Monopoly begets monopoly. The predatory discounting of the big box stores put the squeeze on chain bookstores and indies. The chains merged and merged into a duopoly, while the indies underwent a mass die-off.
Publishers were caught in this squeeze: the two national bookstore chains and the big box stores demanded extra co-op payments, preferential discounts, and more generous credit and return policies. The publishers merged and merged, down to six (now four).
This also happened with trade distributors (who sold to bookstores, not the mass market) — the industry collapsed into a duopoly (today, it’s a monopoly, run by Ingram).
This is a familiar pattern across all monopolized industries.
As David Dayen described in MONOPOLIZED, this neatly parallels the monopolization of health care: pharma monopolized and gouged hospitals, who monopolized in self-defense and gouged insurers, who monopolized in self-defense.
https://pluralistic.net/2021/01/29/fractal-bullshit/#dayenu
Both monopolistic trends had the same end-point: after all the companies had finished monopolizing, the disorganized group of suppliers and workers were the only ones that the monopolies could strong-arm. In the case of hospitals, that’s health-workers and patients.
In publishing, it’s workers and writers. If you work in publishing and your resume is rejected by four companies, it has been rejected by every major publisher.

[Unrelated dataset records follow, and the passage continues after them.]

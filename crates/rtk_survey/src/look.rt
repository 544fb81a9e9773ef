//! What a file looks like that has no frame.

ghost use Rattle.std.specs.Prelude.{◌≡◌, nat_eq, drop};
ghost use Rattle.std.specs.List.{list_all, starts_with};
ghost use Rattle.rtk_survey.specs.Look as spec;

/// What a file looks like, by its first bytes.
#[derive(Clone, Copy, Debug, PartialEq, Eq)]
pub enum Look {
    /// It has no byte.
    Empty,
    Gzip,
    Bzip2,
    Xz,
    Zip,
    /// Messages of a u-blox receiver, without RTCM.
    Ublox,
    /// Blocks of a Septentrio receiver, the Septentrio Binary Format.
    Sbf,
    /// Logs of a NovAtel receiver.
    NovAtel,
    /// Messages of a receiver of JAVAD or Topcon, in a JPS file.
    Jps,
    /// A file of RINEX or of Compact RINEX.
    Rinex,
    /// Sentences of NMEA 0183, without RTCM.
    Nmea,
    /// Hex text, which `show --hex` reads.
    HexText,
    /// None of these.
    Unknown,
}

fn is_between(least: u8, greatest: u8, byte: u8) -> bool
    ensures { result ≡ spec.is_between least greatest byte }
{
    least <= byte && byte <= greatest
}

fn is_capital(byte: u8) -> bool
    ensures { result ≡ spec.is_capital byte }
{
    is_between(b'A', b'Z', byte)
}

fn is_hex_digit(byte: u8) -> bool
    ensures { result ≡ spec.is_hex_digit byte }
{
    is_between(b'0', b'9', byte) || is_between(b'A', b'F', byte) || is_between(b'a', b'f', byte)
}

fn is_hex_text(byte: u8) -> bool
    ensures { result ≡ spec.is_hex_text byte }
{
    is_hex_digit(byte) || byte == b' ' || byte == b'\r' || byte == b'\n'
}

// The first line has this label behind its first 60 columns.
fn has_label(head: &[u8], label: &[u8]) -> bool
    ensures { result ≡ starts_with nat_eq (drop 60 head.now) label.now }
{
    let columns = head.len().min(60);
    head[columns..].starts_with(label)
}

fn is_rinex(head: &[u8]) -> bool
    ensures { result ≡ spec.is_rinex head.now }
{
    has_label(head, b"RINEX VERSION / TYPE") || has_label(head, b"CRINEX VERS   / TYPE")
}

fn is_nmea(head: &[u8]) -> bool
    ensures { result ≡ spec.is_nmea head.now }
{
    head.len() > 2
        && (head[0] == b'$' || head[0] == b'!')
        && is_capital(head[1])
        && is_capital(head[2])
}

fn all_hex_text(bytes: &[u8]) -> bool
    ensures { result ≡ list_all spec.is_hex_text bytes.now }
{
    bytes.iter().all(|byte| is_hex_text(*byte))
}

// The first 64 bytes are hex text.
fn are_hex_text(head: &[u8]) -> bool
    ensures { result ≡ spec.are_hex_text head.now }
{
    let few = head.len().min(64);
    all_hex_text(&head[..few])
}

fn is_hex(head: &[u8]) -> bool
    ensures { result ≡ spec.is_hex head.now }
{
    !head.is_empty() && is_hex_digit(head[0]) && are_hex_text(head)
}

// What a text looks like, or bytes that no mark begins.
fn look_of_text(head: &[u8]) -> Look
    ensures { result ≡ spec.look_of_text head.now }
{
    if is_rinex(head) {
        return Look::Rinex;
    }
    if is_nmea(head) {
        return Look::Nmea;
    }
    if is_hex(head) {
        return Look::HexText;
    }
    Look::Unknown
}

// What the file of a receiver looks like, or a text.
fn look_of_receiver(head: &[u8]) -> Look
    ensures { result ≡ spec.look_of_receiver head.now }
{
    if head.starts_with(b"\xB5\x62") {
        return Look::Ublox;
    }
    if head.starts_with(b"$@") {
        return Look::Sbf;
    }
    if head.starts_with(b"\xAA\x44\x12") || head.starts_with(b"\xAA\x44\x13") {
        return Look::NovAtel;
    }
    if head.starts_with(b"JP055") {
        return Look::Jps;
    }
    look_of_text(head)
}

/// What a file looks like that begins with these bytes: all of it, or the first 512 at least.
pub fn look_of(head: &[u8]) -> Look
    ensures { result ≡ spec.look_of head.now }
{
    if head.is_empty() {
        return Look::Empty;
    }
    if head.starts_with(b"\x1F\x8B") {
        return Look::Gzip;
    }
    if head.starts_with(b"BZh") {
        return Look::Bzip2;
    }
    if head.starts_with(b"\xFD7zXZ\x00") {
        return Look::Xz;
    }
    if head.starts_with(b"PK\x03\x04") {
        return Look::Zip;
    }
    look_of_receiver(head)
}

impl Look {
    /// The name of it, as a summary shows it.
    pub fn name(self) -> &'static [u8]
        ensures { result.now ≡ spec.look_name self }
    {
        match self {
            Look::Empty => b"empty",
            Look::Gzip => b"gzip",
            Look::Bzip2 => b"bzip2",
            Look::Xz => b"xz",
            Look::Zip => b"zip",
            Look::Ublox => b"u-blox",
            Look::Sbf => b"SBF",
            Look::NovAtel => b"NovAtel",
            Look::Jps => b"JPS",
            Look::Rinex => b"RINEX",
            Look::Nmea => b"NMEA",
            Look::HexText => b"hex-text",
            Look::Unknown => b"unknown",
        }
    }
}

If you’re a writer whose book is rejected by four publishers, then you’ve been rejected by every major house.
That’s why writers are now expected to give up graphic novel, audio, world English, and other valuable rights for the same advances — with fewer companies bidding on books, the likelihood that one will pay more or demand less goes down.
In the 2000s and early 2010s, some writers hoped that they’d be able to sidestep publishing by allying themselves with a different monopolized industry, locking themselves to Amazon’s platform. But as competition from publishers dwindled, so too did Amazon’s largesse.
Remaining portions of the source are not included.